Improving Predictions of Tail-end Labels using Concatenated BioMed-Transformers for Long Medical Documents
This work addresses the challenge of long-tailed label distributions in medical text classification, which can enhance patient understanding and care by improving predictions for rare but impactful medical codes, though it is incremental as it builds on existing transformer methods.
The paper tackled the problem of improving predictions for infrequent, tail-end labels in multi-label classification of long medical documents, achieving new state-of-the-art results on the MIMIC-III database with higher F1 scores and lower training times compared to standard transformers.

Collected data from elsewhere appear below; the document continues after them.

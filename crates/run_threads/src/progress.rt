//! How far a run is.

use std::sync::Wait;
use std::sync::atomic::{AtomicBool, AtomicU64, Ordering};
use std::time::Duration;

/// How far a run is, as its threads tell it: each number is one that was so, and none need be of the same moment as
/// another.
#[derive(Drop)]
pub struct RunProgress {
    inputs: AtomicU64,
    commits: AtomicU64,
    acknowledged: AtomicU64,
    epoch: AtomicU64,
    durable: AtomicU64,
    has_ended: AtomicBool,
    /// How often E was advanced, or the run has ended. Loggers sleep on it.
    signals: AtomicU64,
}

impl RunProgress {
    /// Of a run that begins, on a board at epoch 1.
    pub(crate) fn new() -> RunProgress {
        RunProgress {
            inputs: AtomicU64::new(0),
            commits: AtomicU64::new(0),
            acknowledged: AtomicU64::new(0),
            epoch: AtomicU64::new(1),
            durable: AtomicU64::new(0),
            has_ended: AtomicBool::new(false),
            signals: AtomicU64::new(0),
        }
    }

    /// How many inputs the terminals have done.
    pub fn inputs(&self) -> u64 {
        self.inputs.load(Ordering::SeqCst)
    }

    /// How many transactions have committed.
    pub fn commits(&self) -> u64 {
        self.commits.load(Ordering::SeqCst)
    }

    /// How many replies were released.
    pub fn acknowledged(&self) -> u64 {
        self.acknowledged.load(Ordering::SeqCst)
    }

    /// E.
    pub fn epoch(&self) -> u64 {
        self.epoch.load(Ordering::SeqCst)
    }

    /// D.
    pub fn durable(&self) -> u64 {
        self.durable.load(Ordering::SeqCst)
    }

    /// Whether all terminals have done their inputs.
    pub fn has_ended(&self) -> bool {
        self.has_ended.load(Ordering::SeqCst)
    }

    /// Sleeps until E is advanced or the run ends, unless either has come since there were so many signals, and for so
    /// long at most. It may also return for no reason.
    pub fn wait<R: Wait>(&self, rt: &R, signals: u64, longest: Duration) {
        if !self.has_ended() {
            let seen = (signals & 0xffff_ffff) as u32;
            self.signals.park_timeout(rt, seen, longest);
        }
    }

    /// How many signals there were: one behind each advance of E, and one at the end.
    pub fn signals(&self) -> u64 {
        self.signals.load(Ordering::SeqCst)
    }

    /// Wakes all that wait.
    fn signal(&self) {
        self.signals.fetch_add(1, Ordering::SeqCst);
        self.signals.wake_all();
    }

    /// A terminal has done an input, and then released so many replies.
    pub(crate) fn note_input(&self, is_commit: bool, acknowledged: u64) {
        self.inputs.fetch_add(1, Ordering::SeqCst);
        if is_commit {
            self.commits.fetch_add(1, Ordering::SeqCst);
        }
        if acknowledged > 0 {
            self.acknowledged.fetch_add(acknowledged, Ordering::SeqCst);
        }
    }

    /// So many replies were released in all.
    pub(crate) fn note_acknowledged(&self, acknowledged: u64) {
        self.acknowledged.fetch_max(acknowledged, Ordering::SeqCst);
    }

    /// The clock has advanced E, which all that wait for it hear.
    pub(crate) fn note_epoch(&self, epoch: u64) {
        self.epoch.store(epoch, Ordering::SeqCst);
        self.signal();
    }

    /// A logger has found D to be at least this.
    pub(crate) fn note_durable(&self, durable: u64) {
        self.durable.fetch_max(durable, Ordering::SeqCst);
    }

    /// All terminals have done their inputs, which all that wait hear.
    pub(crate) fn end(&self) {
        self.has_ended.store(true, Ordering::SeqCst);
        self.signal();
    }
}
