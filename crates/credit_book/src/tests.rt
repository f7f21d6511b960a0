use crate::{Account, payment};
use lot_base::limits::MOST_STEPS;
use lot_base::{Bundle, GoodSet, Goods, LeastTable, Prices};
use std::test::Fail;

/// The table of a bidder who demands at least so much of the one good.
fn least(units: u16) -> Option<LeastTable> {
    let mut cells = [0u16; 64];
    cells[1] = units;
    Some(LeastTable(cells))
}

#[test]
fn leaves_each_bidder_out_in_turn(rt: HostRuntime) -> Result<(), Fail> {
    // Supply 2; marginal values (10,4), (8,3) and (6,1); the clock of all three, at prices 0 to 5.
    let goods = Goods::new(&[2])?;
    let mut account = Account::new();
    for [first, second, third] in [
        [2, 2, 2],
        [2, 2, 1],
        [2, 2, 1],
        [2, 1, 1],
        [1, 1, 1],
        [1, 1, 1],
    ] {
        let mut tables = [None; 13];
        tables[1] = least(first);
        tables[2] = least(second);
        tables[3] = least(third);
        assert!(rt; account.steps() < MOST_STEPS);
        account.add(&goods, GoodSet(1), &tables);
    }
    assert_eq!(rt; account.steps(), 6);
    for (bidder, credit) in [(0, -14), (1, -4), (2, -5), (3, -7), (4, -14)] {
        assert_eq!(rt; account.without(bidder), credit, "without {bidder}");
    }
    Ok(())
}

#[test]
fn pays_the_price_and_the_debit_less_the_credit(rt: HostRuntime) -> Result<(), Fail> {
    // Supply 2; marginal values (10,9) and (8,3): the first takes both units at price 8, and pays 11.
    let prices = Prices::read(&[8]).ok_or("prices")?;
    let award = Bundle::read(&[2]).ok_or("bundle")?;
    assert_eq!(rt; payment(&prices, &award, 0, 5), 11);
    assert_eq!(rt; payment(&prices, &award, -20, 5), -9);
    Ok(())
}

Multi-label learning predicts a subset of labels from a given label set for an unseen instance while considering label correlations. A known challenge with multi-label classification is the long-tailed distribution of labels. Many studies focus on improving the overall predictions of the model and thus do not prioritise tail-end labels. Improving the tail-end label predictions in multi-label classifications of medical text enables the potential to understand patients better and improve care. The knowledge gained by one or more infrequent labels can impact the cause of medical decisions and treatment plans. This research presents variations of concatenated domain-specific language models, including multi-BioMed-Transformers, to achieve two primary goals. First, to improve F1 scores of infrequent labels across multi-label problems, especially with long-tail labels; second, to handle long medical text and multi-sourced electronic health records (EHRs), a challenging task for standard transformers designed to work on short input sequences. A vital contribution of this research is new state-of-the-art (SOTA) results obtained using TransformerXL for predicting medical codes. A variety of experiments are performed on the Medical Information Mart for Intensive Care (MIMIC-III) database. Results show that concatenated BioMed-Transformers outperform standard transformers in terms of overall micro and macro F1 scores and individual F1 scores of tail-end labels, while incurring lower training times than existing transformer-based solutions for long input sequences.